Towards efficient and robust action recognition

Abstract

Human action recognition is a crucial computer vision task that plays an important role in various video understanding applications. Due to the increasing popularity of video content on the internet, it is vital to research better action recognition to replace excessive human labor to analyze videos. In this thesis, mainly three different problems related to efficiency and robustness that prohibit action recognition technology from being accessible to more people are identified, and solutions to each are proposed.

Firstly, the problem of capturing temporal information for video classification in 2D networks, without increasing their computational cost, is addressed. Existing approaches focus on modifying the architecture of 2D networks (e.g., by including filters in the temporal dimension to turn them into 3D networks, or using optical flow), which increases computation cost. Instead, we propose a novel sampling strategy, where we re-order the channels of the input video, to capture short-term frame-to-frame changes. We observe that even without extensions, the proposed sampling strategy improves performance on multiple architectures (e.g., TSN, TRN, TSM, and MVFNet) and datasets (CATER, Something-Something-V1 and V2), up to 24% over the baseline of using the standard video input. In addition, our sampling strategies do not require training from scratch and do not increase the computational cost of training and testing. Given the generality of the results and the flexibility of the approach, we hope this can be widely useful to the video understanding community.
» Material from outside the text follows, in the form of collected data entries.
//! Paths of Windows, as they are sent and as they are read again.
ghost use Rattle.std.specs.Prelude.{◌≡◌, ◌++◌, ◌∷◌, ◌<◌, [], All, if◌then◌else◌, IfOk, IfErr, OnErr, OnOk};
ghost use Rattle.std.specs.Prelude.{string_bytes};
ghost use Rattle.std.specs.List.{list_any};
ghost use Rattle.std.specs.Option.{option_map, option_copied};
ghost use Rattle.path_pkg.specs.Windows.{windows_dist, windows_dist_abs, is_on_plain, is_on_verbatim};
ghost use Rattle.path_pkg.specs.Windows.{plain_mappings, verbatim_mappings, mappings, mapped_with, local_of};
ghost use Rattle.path_pkg.specs.Windows.{pairs_of, letters_from};
ghost use Rattle.path_pkg.specs.Written.{texts_of};

use crate::fault::PackError;
use crate::sorted::{Entries, put};
use crate::unix::text_in;
use crate::win_path::{abs_text, any_text, byte, disk_text, is_plain, is_verbatim};
use std::alloc::{AllocError, Global};
use std::collections::BTreeMap;
use std::marker::Model;

/// Maps the paths of a client under Windows, and keeps the path that was mapped last to each text. Contracts
/// see it as the pairs of a text and that path, by text in byte order.
#[derive(Debug, Drop)]
pub struct PathTransformer {
    alloc: Global,
    mapped: Entries,
}

impl Model for PathTransformer {
    ghost use Rattle.std.specs.Prelude.{List};
    ghost use Rattle.path_pkg.specs.Written.{Entry, texts_of};

    ghost Value = { List Entry };

    ghost view = { λ t. texts_of t.mapped.entries };
}

fn is_on_plain(letter: u8, path: &[u8]) -> bool
    ensures { result ≡ is_on_plain letter path.now }
{
    is_plain(path) && byte(path, 0).to_ascii_uppercase() == letter
}

fn is_on_verbatim(letter: u8, path: &[u8]) -> bool
    ensures { result ≡ is_on_verbatim letter path.now }
{
    is_verbatim(path) && byte(path, 4).to_ascii_uppercase() == letter
}

fn has_plain(mapped: &Entries, letter: u8) -> bool
    ensures { result ≡ list_any (λ e. is_on_plain letter e.1) (texts_of mapped.now.entries) }
{
    for (_, path) in mapped {
        if is_on_plain(letter, path.get().as_bytes()) {
            return true;
        }
    }
    false
}

fn has_verbatim(mapped: &Entries, letter: u8) -> bool
    ensures { result ≡ list_any (λ e. is_on_verbatim letter e.1) (texts_of mapped.now.entries) }
{
    for (_, path) in mapped {
        if is_on_verbatim(letter, path.get().as_bytes()) {
            return true;
        }
    }
    false
}

impl PathTransformer {
    /// A transformer that mapped nothing so far. It takes no memory.
    pub fn new(alloc: Global) -> Self
        ensures { result ≡ [] }
    {
        PathTransformer {
            alloc,
            mapped: BTreeMap::new(alloc),
        }
    }

    /// The text that a path on a disk is sent as, which is kept with the path. None exactly where the path is
    /// on no disk or is not UTF-8.
    pub fn as_dist_abs(&mut self, p: &[u8]) -> Result<Option<String>, PackError>
        ensures text { IfOk result (λ o. option_map string_bytes o ≡ windows_dist_abs p.now) }
        ensures mapped { OnOk result (self.new ≡ mapped_with self.old p.now (windows_dist_abs p.now)) }
        ensures err { IfErr result (λ e. e ≡ PackError.Memory) }
        ensures same { OnErr result (self.new ≡ self.old) }
    {
        let Some(path) = text_in(p) else {
            return Ok(None);
        };
        let text = abs_text(self.alloc, path)?;
        keep(self.alloc, &mut self.mapped, path, text)
    }

    /// The text that a path is sent as, which is kept with the path. None exactly where the path begins with
    /// a separator or a letter and `:` and is on no disk, or is not UTF-8.
    pub fn as_dist(&mut self, p: &[u8]) -> Result<Option<String>, PackError>
        ensures text { IfOk result (λ o. option_map string_bytes o ≡ windows_dist p.now) }
        ensures mapped { OnOk result (self.new ≡ mapped_with self.old p.now (windows_dist p.now)) }
        ensures err { IfErr result (λ e. e ≡ PackError.Memory) }
        ensures same { OnErr result (self.new ≡ self.old) }
    {
        let Some(path) = text_in(p) else {
            return Ok(None);
        };
        let text = any_text(self.alloc, path)?;
        keep(self.alloc, &mut self.mapped, path, text)
    }

    /// The disks of the paths that are kept, each with its text: the plain ones `X:` and then the verbatim
    /// ones `\\?\X:`, each once, by letter.
    pub fn disk_mappings(&self) -> Result<Vec<(String, String)>, PackError>
        ensures mappings { IfOk result (λ v. pairs_of v.items ≡ mappings self.now) }
        ensures err { IfErr result (λ e. e ≡ PackError.Memory) }
    {
        let mut pairs = Vec::new(self.alloc);
        push_plain_disks(self.alloc, &mut pairs, &self.mapped)?;
        push_verbatim_disks(self.alloc, &mut pairs, &self.mapped)?;
        Ok(pairs)
    }

    /// The path that was mapped last to a text, and None exactly where none was.
    pub fn to_local(&self, p: &str) -> Result<Option<String>, PackError>
        ensures path { IfOk result (λ o. option_map string_bytes o ≡ local_of self.now p.now) }
        ensures err { IfErr result (λ e. e ≡ PackError.Memory) }
    {
        match local(&self.mapped, p) {
            Some(path) => {
                let copy = String::from_str(self.alloc, path)?;
                Ok(Some(copy))
            }
            None => Ok(None),
        }
    }
}

/// The path that was mapped to a text.
fn local<'a>(mapped: &'a Entries, p: &str) -> Option<&'a str>
    ensures { option_copied result ≡ local_of (texts_of mapped.now.entries) p.now }
{
    match mapped.get(p) {
        Some(path) => Some(path.get()),
        None => None,
    }
}

/// Keeps a path with the text that it was mapped to.
fn keep(
    alloc: Global,
    mapped: &mut Entries,
    path: &str,
    text: Option<String>,
) -> Result<Option<String>, PackError>
    ensures text { IfOk result (λ o. option_map string_bytes o ≡ option_map string_bytes text) }
    ensures mapped { OnOk result
        (texts_of mapped.new.entries ≡ mapped_with (texts_of mapped.old.entries) path.now
        (option_map string_bytes text)) }
    ensures err { IfErr result (λ e. e ≡ PackError.Memory) }
    ensures same { OnErr result (texts_of mapped.new.entries ≡ texts_of mapped.old.entries) }
{
    match text {
        Some(text) => {
            put(alloc, mapped, text.as_str(), path)?;
            Ok(Some(text))
        }
        None => Ok(None),
    }
}

fn push_plain(
    alloc: Global,
    pairs: &mut Vec<(String, String)>,
    mapped: &Entries,
    letter: u8,
) -> Result<(), AllocError>
    requires { letter < 128 }
    ensures { OnOk result (pairs_of pairs.new.items ≡ pairs_of pairs.old.items ++ plain_mappings
        (texts_of mapped.now.entries) (letter ∷ [])) }
{
    if !has_plain(mapped, letter) {
        return Ok(());
    }
    let mut disk = String::new(alloc);
    disk.push(char::from(letter))?;
    disk.push_str(":")?;
    let text = disk_text(alloc, letter)?;
    pairs.push((disk, text))?;
    Ok(())
}

fn push_verbatim(
    alloc: Global,
    pairs: &mut Vec<(String, String)>,
    mapped: &Entries,
    letter: u8,
) -> Result<(), AllocError>
    requires { letter < 128 }
    ensures { OnOk result (pairs_of pairs.new.items ≡ pairs_of pairs.old.items ++ verbatim_mappings
        (texts_of mapped.now.entries) (letter ∷ [])) }
{
    if !has_verbatim(mapped, letter) {
        return Ok(());
    }
    let mut disk = String::from_str(alloc, "\\\\?\\")?;
    disk.push(char::from(letter))?;
    disk.push_str(":")?;
    let text = disk_text(alloc, letter)?;
    pairs.push((disk, text))?;
    Ok(())
}

fn push_plain_disks(
    alloc: Global,
    pairs: &mut Vec<(String, String)>,
    mapped: &Entries,
) -> Result<(), AllocError>
    ensures { OnOk result (pairs_of pairs.new.items ≡ pairs_of pairs.old.items ++ plain_mappings
        (texts_of mapped.now.entries) (letters_from 65 26)) }
{
    for letter in b'A'..b'Z' + 1 {
        push_plain(alloc, pairs, mapped, letter)?;
    }
    Ok(())
}

fn push_verbatim_disks(
    alloc: Global,
    pairs: &mut Vec<(String, String)>,
    mapped: &Entries,
) -> Result<(), AllocError>
    ensures { OnOk result (pairs_of pairs.new.items ≡ pairs_of pairs.old.items ++ verbatim_mappings
        (texts_of mapped.now.entries) (letters_from 65 26)) }
{
    for letter in b'A'..b'Z' + 1 {
        push_verbatim(alloc, pairs, mapped, letter)?;
    }
    Ok(())
}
Next, precisely naming the action depicted in a video can be a challenging and oftentimes ambiguous task. In contrast to object instances represented as nouns (e.g., dog, cat, chair), in the case of actions, human annotators typically lack a consensus as to what constitutes a specific action (e.g., jogging versus running). In practice, a given video can contain multiple valid positive annotations for the same action. As a result, video datasets often contain significant levels of label noise and overlap between the atomic action classes. In this work, we address the challenge of training multi-label action recognition models from only single positive training labels. We propose two approaches that are based on generating pseudo training examples sampled from similar instances within the train set. Unlike other approaches that use model-derived pseudo-labels, our pseudo-labels come from human annotations and are selected based on feature similarity. To validate our approaches, we create a new evaluation benchmark by manually annotating a subset of EPIC-Kitchens-100's validation set with multiple verb labels. We present results on this new test set along with additional results on a new version of HMDB-51, called Confusing-HMDB-102, where we outperform existing methods in both cases. Data and code are publicly available.

Finally, despite recent advances in video action recognition achieving strong performance on existing benchmarks, these models often lack robustness when faced with natural distribution shifts between training and test data. We propose two novel evaluation methods to assess model resilience to such distribution disparity. One method uses two different datasets collected from different sources and uses one for training and validation, and the other for testing. More precisely, we created dataset splits of HMDB-51 or UCF-101 for training, and Kinetics-400 for testing, using the subset of the classes that are overlapping in both train and test datasets. The other proposed method extracts the feature mean of each class using the target evaluation dataset's training data (i.e., class prototype), and estimates test video prediction as a cosine similarity score between each sample to the class prototypes of all classes. This procedure does not alter model weights using the target dataset and it does not require aligning overlapping classes of two different datasets, thus is a very efficient method to test the model robustness to distribution shifts, without prior knowledge of the target distribution. We address the robustness problem by adversarial augmentation training - generating augmented views of videos that are "hard" for the classification model by applying gradient ascent on the augmentation parameters - as well as "curriculum" scheduling the strength of the video augmentations. We experimentally demonstrate the superior performance of the proposed adversarial augmentation approach over baselines across three state-of-the-art action recognition models - TSM, Video Swin Transformer, and Uniformer. Curated datasets and code are publicly released. The presented work provides critical insight into model robustness to distribution shifts and presents effective techniques to enhance video action recognition performance in a real-world deployment.